Items listed in a dataset
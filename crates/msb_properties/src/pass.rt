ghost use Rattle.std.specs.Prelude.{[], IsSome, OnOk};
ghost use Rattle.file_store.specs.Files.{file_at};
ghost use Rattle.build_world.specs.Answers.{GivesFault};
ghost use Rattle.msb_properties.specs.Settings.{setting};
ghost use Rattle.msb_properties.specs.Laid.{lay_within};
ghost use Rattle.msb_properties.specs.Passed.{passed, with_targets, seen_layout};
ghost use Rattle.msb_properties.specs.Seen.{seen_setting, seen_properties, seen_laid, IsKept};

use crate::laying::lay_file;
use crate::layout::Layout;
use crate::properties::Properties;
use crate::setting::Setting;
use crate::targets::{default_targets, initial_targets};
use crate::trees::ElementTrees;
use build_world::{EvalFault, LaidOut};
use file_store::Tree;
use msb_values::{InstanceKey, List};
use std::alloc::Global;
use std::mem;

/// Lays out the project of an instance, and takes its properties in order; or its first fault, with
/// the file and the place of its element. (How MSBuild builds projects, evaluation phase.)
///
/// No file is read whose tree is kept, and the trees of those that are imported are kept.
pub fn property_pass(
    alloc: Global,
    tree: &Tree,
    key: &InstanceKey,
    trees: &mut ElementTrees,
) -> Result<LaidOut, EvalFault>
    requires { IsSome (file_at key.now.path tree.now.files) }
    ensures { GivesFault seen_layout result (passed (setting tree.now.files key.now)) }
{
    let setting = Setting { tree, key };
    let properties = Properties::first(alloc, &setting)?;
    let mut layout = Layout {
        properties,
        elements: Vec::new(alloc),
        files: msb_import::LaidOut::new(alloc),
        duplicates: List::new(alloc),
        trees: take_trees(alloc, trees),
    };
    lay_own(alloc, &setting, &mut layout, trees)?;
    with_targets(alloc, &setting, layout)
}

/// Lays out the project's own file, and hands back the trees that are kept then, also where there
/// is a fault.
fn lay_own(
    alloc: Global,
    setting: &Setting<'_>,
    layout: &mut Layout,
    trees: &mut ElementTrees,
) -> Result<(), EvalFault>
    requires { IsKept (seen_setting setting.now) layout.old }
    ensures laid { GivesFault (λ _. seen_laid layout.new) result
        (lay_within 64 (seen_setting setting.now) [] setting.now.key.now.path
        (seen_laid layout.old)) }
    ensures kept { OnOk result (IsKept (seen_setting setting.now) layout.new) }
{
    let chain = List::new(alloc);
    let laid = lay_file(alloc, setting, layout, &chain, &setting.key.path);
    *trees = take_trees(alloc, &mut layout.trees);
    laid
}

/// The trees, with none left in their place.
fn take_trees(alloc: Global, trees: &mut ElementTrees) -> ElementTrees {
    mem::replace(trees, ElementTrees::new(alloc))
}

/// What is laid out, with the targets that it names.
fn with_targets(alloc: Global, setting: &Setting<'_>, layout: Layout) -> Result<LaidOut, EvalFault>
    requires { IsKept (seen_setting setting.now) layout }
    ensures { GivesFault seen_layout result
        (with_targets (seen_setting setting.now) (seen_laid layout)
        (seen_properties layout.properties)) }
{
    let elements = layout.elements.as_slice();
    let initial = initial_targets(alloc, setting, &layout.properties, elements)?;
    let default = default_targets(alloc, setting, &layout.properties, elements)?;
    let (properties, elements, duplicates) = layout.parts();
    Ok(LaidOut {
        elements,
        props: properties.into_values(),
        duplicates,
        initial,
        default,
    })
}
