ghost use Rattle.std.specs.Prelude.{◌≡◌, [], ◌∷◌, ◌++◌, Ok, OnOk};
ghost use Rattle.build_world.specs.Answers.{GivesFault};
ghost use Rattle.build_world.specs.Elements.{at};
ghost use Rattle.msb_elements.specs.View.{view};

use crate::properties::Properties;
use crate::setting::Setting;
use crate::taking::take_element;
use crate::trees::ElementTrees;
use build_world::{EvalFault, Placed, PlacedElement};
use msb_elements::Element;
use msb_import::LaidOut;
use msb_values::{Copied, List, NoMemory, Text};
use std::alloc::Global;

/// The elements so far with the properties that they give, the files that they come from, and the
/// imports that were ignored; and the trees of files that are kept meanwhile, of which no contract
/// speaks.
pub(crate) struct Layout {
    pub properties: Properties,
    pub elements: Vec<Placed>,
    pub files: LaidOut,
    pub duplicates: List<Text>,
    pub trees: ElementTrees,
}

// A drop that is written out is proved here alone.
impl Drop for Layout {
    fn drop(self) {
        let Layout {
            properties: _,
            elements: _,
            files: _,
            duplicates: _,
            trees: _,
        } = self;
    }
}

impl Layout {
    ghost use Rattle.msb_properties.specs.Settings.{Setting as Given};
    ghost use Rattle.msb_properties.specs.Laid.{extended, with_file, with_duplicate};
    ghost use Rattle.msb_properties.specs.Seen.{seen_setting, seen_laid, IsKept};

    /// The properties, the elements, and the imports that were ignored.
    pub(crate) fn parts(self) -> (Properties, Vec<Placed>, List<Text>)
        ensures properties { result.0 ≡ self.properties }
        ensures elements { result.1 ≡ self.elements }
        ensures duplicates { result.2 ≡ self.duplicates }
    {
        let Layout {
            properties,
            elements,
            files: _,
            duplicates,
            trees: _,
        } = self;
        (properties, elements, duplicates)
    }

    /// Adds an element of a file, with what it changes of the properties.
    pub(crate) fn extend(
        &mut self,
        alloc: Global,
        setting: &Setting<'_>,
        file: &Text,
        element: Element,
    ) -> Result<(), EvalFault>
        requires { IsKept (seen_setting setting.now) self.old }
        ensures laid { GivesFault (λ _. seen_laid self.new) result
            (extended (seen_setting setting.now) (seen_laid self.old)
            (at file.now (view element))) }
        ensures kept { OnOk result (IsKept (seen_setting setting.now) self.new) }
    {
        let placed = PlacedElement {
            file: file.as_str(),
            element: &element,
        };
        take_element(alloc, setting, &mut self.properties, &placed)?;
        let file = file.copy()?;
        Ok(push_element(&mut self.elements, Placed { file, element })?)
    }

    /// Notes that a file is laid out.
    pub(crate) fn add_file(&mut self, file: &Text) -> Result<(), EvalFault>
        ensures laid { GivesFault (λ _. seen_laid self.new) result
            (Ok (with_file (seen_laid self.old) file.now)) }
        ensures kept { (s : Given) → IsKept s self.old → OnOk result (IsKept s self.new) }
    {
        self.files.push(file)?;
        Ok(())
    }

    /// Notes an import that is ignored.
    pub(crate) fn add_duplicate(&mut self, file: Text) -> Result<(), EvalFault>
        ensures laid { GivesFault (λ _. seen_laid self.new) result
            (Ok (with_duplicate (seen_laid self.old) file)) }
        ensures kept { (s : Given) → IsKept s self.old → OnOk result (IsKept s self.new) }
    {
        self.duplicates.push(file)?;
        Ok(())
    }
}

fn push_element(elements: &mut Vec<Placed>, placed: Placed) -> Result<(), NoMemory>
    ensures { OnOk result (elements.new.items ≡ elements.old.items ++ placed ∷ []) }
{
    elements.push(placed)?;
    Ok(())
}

--

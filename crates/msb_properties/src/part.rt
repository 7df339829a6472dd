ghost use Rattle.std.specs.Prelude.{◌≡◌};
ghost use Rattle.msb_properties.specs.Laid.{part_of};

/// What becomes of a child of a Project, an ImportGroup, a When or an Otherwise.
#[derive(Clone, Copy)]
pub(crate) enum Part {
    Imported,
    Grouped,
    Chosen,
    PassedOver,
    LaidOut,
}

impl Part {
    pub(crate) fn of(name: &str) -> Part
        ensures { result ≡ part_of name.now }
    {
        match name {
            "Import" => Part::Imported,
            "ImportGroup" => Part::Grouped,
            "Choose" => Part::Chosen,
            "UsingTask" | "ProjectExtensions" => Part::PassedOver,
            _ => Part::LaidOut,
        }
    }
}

* * *

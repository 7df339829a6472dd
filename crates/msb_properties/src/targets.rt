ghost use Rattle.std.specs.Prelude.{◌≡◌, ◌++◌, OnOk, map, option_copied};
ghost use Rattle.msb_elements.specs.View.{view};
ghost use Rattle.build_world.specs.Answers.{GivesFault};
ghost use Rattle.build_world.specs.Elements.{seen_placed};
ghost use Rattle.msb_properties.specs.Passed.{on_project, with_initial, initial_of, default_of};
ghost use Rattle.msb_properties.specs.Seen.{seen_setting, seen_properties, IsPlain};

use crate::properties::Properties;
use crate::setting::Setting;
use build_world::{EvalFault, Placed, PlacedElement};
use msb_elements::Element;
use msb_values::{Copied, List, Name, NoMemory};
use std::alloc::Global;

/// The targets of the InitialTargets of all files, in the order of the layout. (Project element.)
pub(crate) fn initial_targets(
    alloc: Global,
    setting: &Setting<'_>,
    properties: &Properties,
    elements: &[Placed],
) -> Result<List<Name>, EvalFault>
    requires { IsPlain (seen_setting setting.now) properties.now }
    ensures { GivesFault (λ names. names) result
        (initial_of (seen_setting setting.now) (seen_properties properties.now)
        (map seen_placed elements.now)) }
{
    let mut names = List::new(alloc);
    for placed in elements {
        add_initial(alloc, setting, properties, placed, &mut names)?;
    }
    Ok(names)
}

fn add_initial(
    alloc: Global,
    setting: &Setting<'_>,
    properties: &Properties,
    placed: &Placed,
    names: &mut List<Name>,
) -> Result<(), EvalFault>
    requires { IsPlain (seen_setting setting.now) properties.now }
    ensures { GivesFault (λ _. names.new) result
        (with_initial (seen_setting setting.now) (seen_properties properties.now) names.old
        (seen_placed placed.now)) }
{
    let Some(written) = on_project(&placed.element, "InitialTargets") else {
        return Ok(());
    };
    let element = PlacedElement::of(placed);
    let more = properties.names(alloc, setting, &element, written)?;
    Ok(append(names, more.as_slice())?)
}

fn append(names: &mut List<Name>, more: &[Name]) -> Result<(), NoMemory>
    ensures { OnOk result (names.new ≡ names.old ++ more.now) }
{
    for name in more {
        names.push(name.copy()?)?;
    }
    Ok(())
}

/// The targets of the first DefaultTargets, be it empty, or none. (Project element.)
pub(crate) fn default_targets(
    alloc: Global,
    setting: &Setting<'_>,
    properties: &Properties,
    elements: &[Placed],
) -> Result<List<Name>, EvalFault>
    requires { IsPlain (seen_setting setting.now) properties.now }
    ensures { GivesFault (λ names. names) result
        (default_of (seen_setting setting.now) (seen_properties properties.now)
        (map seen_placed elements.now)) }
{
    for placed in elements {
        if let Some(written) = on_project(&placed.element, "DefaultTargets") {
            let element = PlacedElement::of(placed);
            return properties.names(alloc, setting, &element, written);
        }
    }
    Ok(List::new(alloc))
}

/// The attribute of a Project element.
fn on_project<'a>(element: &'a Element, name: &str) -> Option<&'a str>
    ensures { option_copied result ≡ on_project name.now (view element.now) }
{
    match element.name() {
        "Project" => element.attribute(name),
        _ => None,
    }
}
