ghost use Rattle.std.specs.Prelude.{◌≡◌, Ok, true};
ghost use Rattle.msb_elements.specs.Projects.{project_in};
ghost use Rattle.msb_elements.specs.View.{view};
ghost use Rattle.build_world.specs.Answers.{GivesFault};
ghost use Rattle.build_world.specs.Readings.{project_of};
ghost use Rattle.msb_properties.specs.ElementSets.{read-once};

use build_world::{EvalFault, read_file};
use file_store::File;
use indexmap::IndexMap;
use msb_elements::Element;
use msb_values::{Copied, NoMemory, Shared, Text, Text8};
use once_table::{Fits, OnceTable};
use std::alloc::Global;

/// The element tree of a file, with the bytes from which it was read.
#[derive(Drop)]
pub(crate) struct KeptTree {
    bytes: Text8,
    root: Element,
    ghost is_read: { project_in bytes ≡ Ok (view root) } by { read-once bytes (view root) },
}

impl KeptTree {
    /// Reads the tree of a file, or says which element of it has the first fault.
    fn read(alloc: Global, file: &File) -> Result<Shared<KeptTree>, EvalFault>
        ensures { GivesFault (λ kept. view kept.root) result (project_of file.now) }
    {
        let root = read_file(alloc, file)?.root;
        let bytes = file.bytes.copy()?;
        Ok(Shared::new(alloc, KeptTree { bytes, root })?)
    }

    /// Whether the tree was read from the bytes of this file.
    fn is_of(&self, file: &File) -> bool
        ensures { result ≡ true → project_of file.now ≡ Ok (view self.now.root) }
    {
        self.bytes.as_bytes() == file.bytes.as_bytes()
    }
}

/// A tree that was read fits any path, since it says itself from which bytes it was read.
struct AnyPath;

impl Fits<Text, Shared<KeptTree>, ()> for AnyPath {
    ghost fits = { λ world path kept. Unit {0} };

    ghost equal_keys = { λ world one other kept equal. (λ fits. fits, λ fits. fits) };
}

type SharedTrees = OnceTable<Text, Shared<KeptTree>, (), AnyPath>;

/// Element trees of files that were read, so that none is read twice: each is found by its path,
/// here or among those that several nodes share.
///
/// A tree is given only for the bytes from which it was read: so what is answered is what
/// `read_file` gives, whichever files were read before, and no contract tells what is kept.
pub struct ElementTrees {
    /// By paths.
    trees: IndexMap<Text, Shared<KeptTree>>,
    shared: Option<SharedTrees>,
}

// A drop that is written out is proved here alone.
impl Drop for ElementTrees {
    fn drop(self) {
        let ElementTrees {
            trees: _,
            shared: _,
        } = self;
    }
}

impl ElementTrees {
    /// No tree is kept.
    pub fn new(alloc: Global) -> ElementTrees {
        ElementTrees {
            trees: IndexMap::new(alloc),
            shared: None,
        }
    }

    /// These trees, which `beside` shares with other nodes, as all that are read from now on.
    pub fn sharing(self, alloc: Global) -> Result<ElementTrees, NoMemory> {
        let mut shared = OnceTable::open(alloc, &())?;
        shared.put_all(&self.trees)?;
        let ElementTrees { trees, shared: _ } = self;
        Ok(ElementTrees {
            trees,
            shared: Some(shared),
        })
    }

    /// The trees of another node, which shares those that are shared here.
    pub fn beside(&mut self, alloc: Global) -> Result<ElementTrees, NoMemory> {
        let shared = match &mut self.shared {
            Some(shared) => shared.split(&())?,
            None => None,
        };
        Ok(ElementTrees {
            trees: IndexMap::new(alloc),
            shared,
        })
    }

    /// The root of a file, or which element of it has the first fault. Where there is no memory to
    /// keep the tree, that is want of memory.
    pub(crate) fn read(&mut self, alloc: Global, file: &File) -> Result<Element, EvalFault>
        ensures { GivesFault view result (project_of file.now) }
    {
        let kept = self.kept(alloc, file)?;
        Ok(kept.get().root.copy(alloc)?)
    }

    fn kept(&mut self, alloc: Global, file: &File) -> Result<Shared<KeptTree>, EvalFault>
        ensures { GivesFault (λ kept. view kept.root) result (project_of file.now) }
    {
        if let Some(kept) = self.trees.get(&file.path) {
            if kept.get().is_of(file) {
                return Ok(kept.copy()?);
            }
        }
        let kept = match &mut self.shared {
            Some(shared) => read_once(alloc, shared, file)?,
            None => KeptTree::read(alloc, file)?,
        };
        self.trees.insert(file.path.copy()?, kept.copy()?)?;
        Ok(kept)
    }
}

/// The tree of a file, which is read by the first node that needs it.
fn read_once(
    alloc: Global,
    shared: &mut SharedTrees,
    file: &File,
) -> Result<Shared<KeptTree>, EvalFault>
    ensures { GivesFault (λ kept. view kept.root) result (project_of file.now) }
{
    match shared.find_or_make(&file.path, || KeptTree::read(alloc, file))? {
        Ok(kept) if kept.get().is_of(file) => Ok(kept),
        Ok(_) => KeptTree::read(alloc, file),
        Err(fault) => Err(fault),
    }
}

PROBLEM DESCRIPTION ▸ Find the line with "filename crates/msb_properties/src/pass.rt" in the entries above. Retype it and each line after it, exactly, through the line with "let setting = Setting", and stop there.

PROBLEM SOLUTION ▸
filename crates/msb_properties/src/pass.rt
ghost use Rattle.std.specs.Prelude.{[], IsSome, OnOk};
ghost use Rattle.file_store.specs.Files.{file_at};
ghost use Rattle.build_world.specs.Answers.{GivesFault};
ghost use Rattle.msb_properties.specs.Settings.{setting};
ghost use Rattle.msb_properties.specs.Laid.{lay_within};
ghost use Rattle.msb_properties.specs.Passed.{passed, with_targets, seen_layout};
ghost use Rattle.msb_properties.specs.Seen.{seen_setting, seen_properties, seen_laid, IsKept};

use crate::laying::lay_file;
use crate::layout::Layout;
use crate::properties::Properties;
use crate::setting::Setting;
use crate::targets::{default_targets, initial_targets};
use crate::trees::ElementTrees;
use build_world::{EvalFault, LaidOut};
use file_store::Tree;
use msb_values::{InstanceKey, List};
use std::alloc::Global;
use std::mem;

/// Lays out the project of an instance, and takes its properties in order; or its first fault, with
/// the file and the place of its element. (How MSBuild builds projects, evaluation phase.)
///
/// No file is read whose tree is kept, and the trees of those that are imported are kept.
pub fn property_pass(
    alloc: Global,
    tree: &Tree,
    key: &InstanceKey,
    trees: &mut ElementTrees,
) -> Result<LaidOut, EvalFault>
    requires { IsSome (file_at key.now.path tree.now.files) }
    ensures { GivesFault seen_layout result (passed (setting tree.now.files key.now)) }
{
    let setting = Setting { tree, key };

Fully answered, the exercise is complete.